Order Optimal Regret Bounds for Sharpe Ratio Optimization under Thompson Sampling

In this paper, we study sequential decision-making for maximizing the Sharpe ratio (SR) in a stochastic multi-armed bandit (MAB) setting. Unlike standard bandit formulations that maximize cumulative reward, SR optimization requires balancing expected return and reward variability. As a result, the learning objective depends jointly on the mean and variance of the reward distribution and takes a fractional form. To address this problem, we propose the Sharpe Ratio Thompson Sampling \texttt{SRTS}, a Bayesian algorithm for risk-adjusted exploration. For Gaussian reward models, the algorithm employs a Normal-Gamma conjugate posterior to capture uncertainty in both the mean and the precision of each arm. In contrast to additive mean-variance (MV) formulations, which often require different algorithms across risk regimes, the fractional SR objective yields a single sampling rule that applies uniformly across risk tolerances. On the theoretical side, we develop a regret decomposition tailored to the SR objective and introduce a decoupling approach that separates the contributions of mean and variance uncertainty. This framework allows us to control the interaction between the Gaussian mean samples and the Gamma precision samples arising in the posterior. Using these results, we establish a finite-time distribution-dependent $\mathcal{O}(\log n)$ upper bound on the expected regret. We further derive a matching information-theoretic lower bound using a change-of-measure argument, showing that the proposed algorithm is order-optimal. Finally, experiments on synthetic bandit environments illustrate the performance of \texttt{SRTS} and demonstrate improvements over existing risk-aware bandit algorithms across a range of risk-return settings.
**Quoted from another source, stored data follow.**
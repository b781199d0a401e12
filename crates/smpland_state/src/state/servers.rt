//! The servers, with their room and the permits under which they are down.
ghost use Rattle.std.specs.Prelude.{◌≡◌, ◌<◌, ◌++◌, OnOk, length};
ghost use Rattle.std.specs.List.{flat_map, range_with_len};
ghost use Rattle.sm_placement.specs.Config.{server_row as row_of_server};
ghost use Rattle.smpland_state.specs.State.{held_room, maybe_number, server_state, server_state_members};
ghost use Rattle.smpland_state.specs.State.{servers_state};

use crate::document::write_flag;
use crate::journal_state::JournalState;
use crate::notices::is_carried;
use sm_placement::Server;
use sm_server::ServerId;
use smpland_lines::{Writer, write_name, write_number, write_text};
use std::alloc::AllocError;

/// How a server stands: its load, the room that streams hold, the permit under which it is down, and whether it was
/// carried over.
#[derive(Clone, Copy)]
struct ServerStanding {
    load: u64,
    held: u64,
    permit: Option<u64>,
    is_carried: bool,
}

/// Writes a member that is a number, or null for none.
fn write_optional(writer: &mut Writer, name: &str, found: Option<u64>) -> Result<(), AllocError>
    ensures { OnOk result (writer.new.tokens ≡ writer.old.tokens ++ maybe_number name.now found) }
{
    match found {
        Some(number) => write_number(writer, name, number),
        None => write_name(writer, name, None),
    }
}

/// The room of a server that streams hold: none, if a reopening has broken them off.
fn held_room(opened: &JournalState, is_reopening: bool, server: ServerId) -> u64
    requires { server < length opened.now.driver.machine.placement.setup.servers }
    ensures { result ≡ held_room opened.now.driver is_reopening server }
{
    if is_reopening {
        return 0;
    }
    let machine = opened.driver.machine();
    let placement = machine.placement();
    let used = placement
        .load(server)
        .saturating_add(machine.pool().room(server));
    placement.config().room(server).saturating_sub(used)
}

/// Writes the members of a server.
fn write_server_members(
    writer: &mut Writer,
    server: &Server,
    standing: ServerStanding,
) -> Result<(), AllocError>
    ensures { OnOk result (writer.new.tokens ≡ writer.old.tokens
        ++ server_state_members (row_of_server server.now) standing.load standing.held standing.permit
        standing.is_carried) }
{
    write_text(writer, "server", server.name.as_str())?;
    write_text(writer, "region", server.region.as_str())?;
    write_number(writer, "room", server.room)?;
    write_number(writer, "load", standing.load)?;
    write_number(writer, "held", standing.held)?;
    write_optional(writer, "permit", standing.permit)?;
    write_flag(writer, "carried", standing.is_carried)?;
    Ok(())
}

/// Writes a server: its room, its load, the room that streams hold, and the permit under which it is down.
fn write_server(
    opened: &JournalState,
    is_reopening: bool,
    writer: &mut Writer,
    server: ServerId,
) -> Result<(), AllocError>
    requires { server < length opened.now.driver.machine.placement.setup.servers }
    ensures { OnOk result (writer.new.tokens
        ≡ writer.old.tokens ++ server_state opened.now.driver is_reopening server) }
{
    let row = opened.driver.machine().config().server(server);
    let load = opened.driver.machine().placement().load(server);
    let held = held_room(opened, is_reopening, server);
    let permit = opened.permit_of(server);
    let is_carried = is_carried(opened, server);
    let standing = ServerStanding {
        load,
        held,
        permit,
        is_carried,
    };
    writer.begin_object()?;
    write_server_members(writer, row, standing)?;
    writer.end_object()?;
    Ok(())
}

/// Writes all servers.
fn write_each_server(
    opened: &JournalState,
    is_reopening: bool,
    writer: &mut Writer,
) -> Result<(), AllocError>
    ensures { OnOk result (writer.new.tokens ≡ writer.old.tokens
        ++ flat_map (server_state opened.now.driver is_reopening)
        (range_with_len 0 (length opened.now.driver.machine.placement.setup.servers))) }
{
    for number in 0..opened.driver.machine().config().server_count() {
        write_server(opened, is_reopening, writer, ServerId::new(number))?;
    }
    Ok(())
}

/// Writes them, as a member.
pub fn write_servers(
    opened: &JournalState,
    is_reopening: bool,
    writer: &mut Writer,
) -> Result<(), AllocError>
    ensures { OnOk result (writer.new.tokens ≡ writer.old.tokens ++ servers_state opened.now.driver is_reopening) }
{
    writer.key("servers")?;
    writer.begin_array()?;
    write_each_server(opened, is_reopening, writer)?;
    writer.end_array()?;
    Ok(())
}
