//! An operator's choices in place of what is proposed.
use sm_server::{Role, ServerId, ShardId};

/// The replicas that a shard of the document is to have, all by the document's own numbers.
#[derive(Debug, Drop)]
pub struct Choice {
    pub shard: ShardId,
    pub replicas: Vec<(ServerId, Role)>,
}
翻译：本文研究随机多臂赌博机（MAB）设置下最大化夏普比率（SR）的序贯决策问题。与标准赌博机问题最大化累积奖励不同，SR优化需要平衡期望收益与收益波动性。因此，学习目标依赖于收益分布的均值和方差，并呈现分式形式。为应对该问题，我们提出夏普比率汤普森采样算法\verb|SRTS|，这是一种用于风险调整探索的贝叶斯方法。对于高斯奖励模型，该算法采用正态-伽马共轭后验来捕捉各臂均值与精度的不确定性。与需要针对不同风险区域采用不同算法的可加性均值-方差（MV）公式不同，分式SR目标产生统一的采样规则，可普遍适用于各种风险容忍度。在理论方面，我们针对SR目标定制了遗憾分解，并引入解耦方法分离均值与方差不确定性的贡献。该框架使我们能够控制后验中高斯均值样本与伽马精度样本之间的交互作用。基于这些结果，我们建立了期望遗憾的有限时域分布相关$\mathcal{O}(\log n)$上界。进一步地，我们利用测度变换论证推导出匹配的信息论下界，证明所提算法达到排序最优。最后，在合成赌博机环境上的实验展示了\verb|SRTS|的性能，并表明在多种风险-收益设定下其优于现有风险感知赌博机算法。